1. Load a protein into VMD.
2. Access the Tk console via the Extensions dropdown menu Extensions > Tk Console.
3. In the Tk console, change directory to the directory where you downloaded the above scripts cd /path/to/blobulator/scripts.
4. Source the plugin source Blob_GUI.tcl.
5. Click the blobulate button to generate the corresponding graphical representation in VMD.

Optional Settings:

• Select the residues you wish to blobulate (defaults to "all").
• Select your desired scale (defaults to "Kyte-Doolittle").
• Adjust the 'Length' and 'Hydrophobicity' thresholds to your chosen parameters (if applicable).
• Select how you color your blobs; blob representations apply to every frame in a loaded trajectory.
  • Blob Color - Colors by blob type: h-blobs are blue, p-blobs are orange, and s-blobs are green.
  • Blob ID - Colors h-blobs by blob ID, p-blobs are orange, s-blobs are green, and h-blobs are a color from green to blue.
• To remove all representations, click the 'Clear representations' button.
• Clicking the 'Default' buttons will return the threshold buttons to their default positions.
  • For 'Length', the default will always be set to 4.
  • For 'Hydrophobicity', this value updates depending on the Hydropathy Scale.
  • To automatically assign the default value when switching scales, click the 'Auto-Update Threshold' checkbox.
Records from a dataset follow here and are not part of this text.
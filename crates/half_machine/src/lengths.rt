//! The pieces of a body that wait to go out.

ghost use Rattle.std.specs.Prelude.{◌≡◌, ◌++◌, ◌∷◌, ℕ, List, [], drop, slice_get, OnOk, OnErr};
ghost use Rattle.half_machine.specs.Pieces.{unless_none};

use std::alloc::{AllocError, Global};
use std::collections::VecDeque;
use std::marker::Model;

/// The lengths of the pieces that wait to go out, oldest first. Each goes out whole, and none is empty.
#[derive(Drop)]
pub struct Lengths {
    items: VecDeque<u32>,
}

impl Model for Lengths {
    ghost use Rattle.std.specs.Prelude.{List, ℕ};

    ghost Value = { List ℕ };

    ghost view = { λ l. l.items.items };
}

impl Lengths {
    /// The empty list. It takes no memory.
    pub fn new(alloc: Global) -> Lengths
        ensures { result ≡ [] }
    {
        Lengths {
            items: VecDeque::new(alloc),
        }
    }

    /// One more waits, or the list is left as it was.
    pub fn push(&mut self, length: u32) -> Result<(), AllocError>
        ensures pushed { OnOk result (self.new ≡ self.old ++ length ∷ []) }
        ensures unchanged { OnErr result (self.new ≡ self.old) }
    {
        self.items.push_back(length)?;
        Ok(())
    }

    /// A piece waits, or the list is left as it was. An empty one doesn't wait.
    pub fn push_piece(&mut self, length: u32) -> Result<(), AllocError>
        ensures pushed { OnOk result (self.new ≡ self.old ++ unless_none length) }
        ensures unchanged { OnErr result (self.new ≡ self.old) }
    {
        if length == 0 {
            return Ok(());
        }
        self.push(length)
    }

    /// The newest doesn't wait after all.
    pub fn take_back(&mut self, length: u32)
        ensures { (xs : List ℕ) → self.old ≡ xs ++ unless_none length → self.new ≡ xs }
    {
        if length != 0 {
            self.items.pop_back();
        }
    }

    /// The oldest.
    pub fn first(&self) -> Option<u32>
        ensures { result ≡ slice_get self.now 0 }
    {
        self.items.front().copied()
    }

    /// The oldest, where there is one, went out.
    pub fn drop_first(&mut self)
        ensures { self.new ≡ drop 1 self.old }
    {
        self.items.pop_front();
    }
}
How to access blob representations:

The blobulation algorithm will apply all blob types to the VMD user and user2 values.

The 'user' value will store the type of blob: user 1 -> h-blobs, user 2 -> s-blobs, and user 3 -> p-blobs.

The 'user2' value will store the blob group: user2 1 -> h-blob group 1, user2 2 -> s-blob group 1, user2 3 -> h-blob group 2, etc.

When coloring by Blob ID, h-blobs will have different colors depending on the user2 value.

Known Limitations:

VMD blobulator can not run its blobulation algorithm on proteins that contain non-standard amino acids.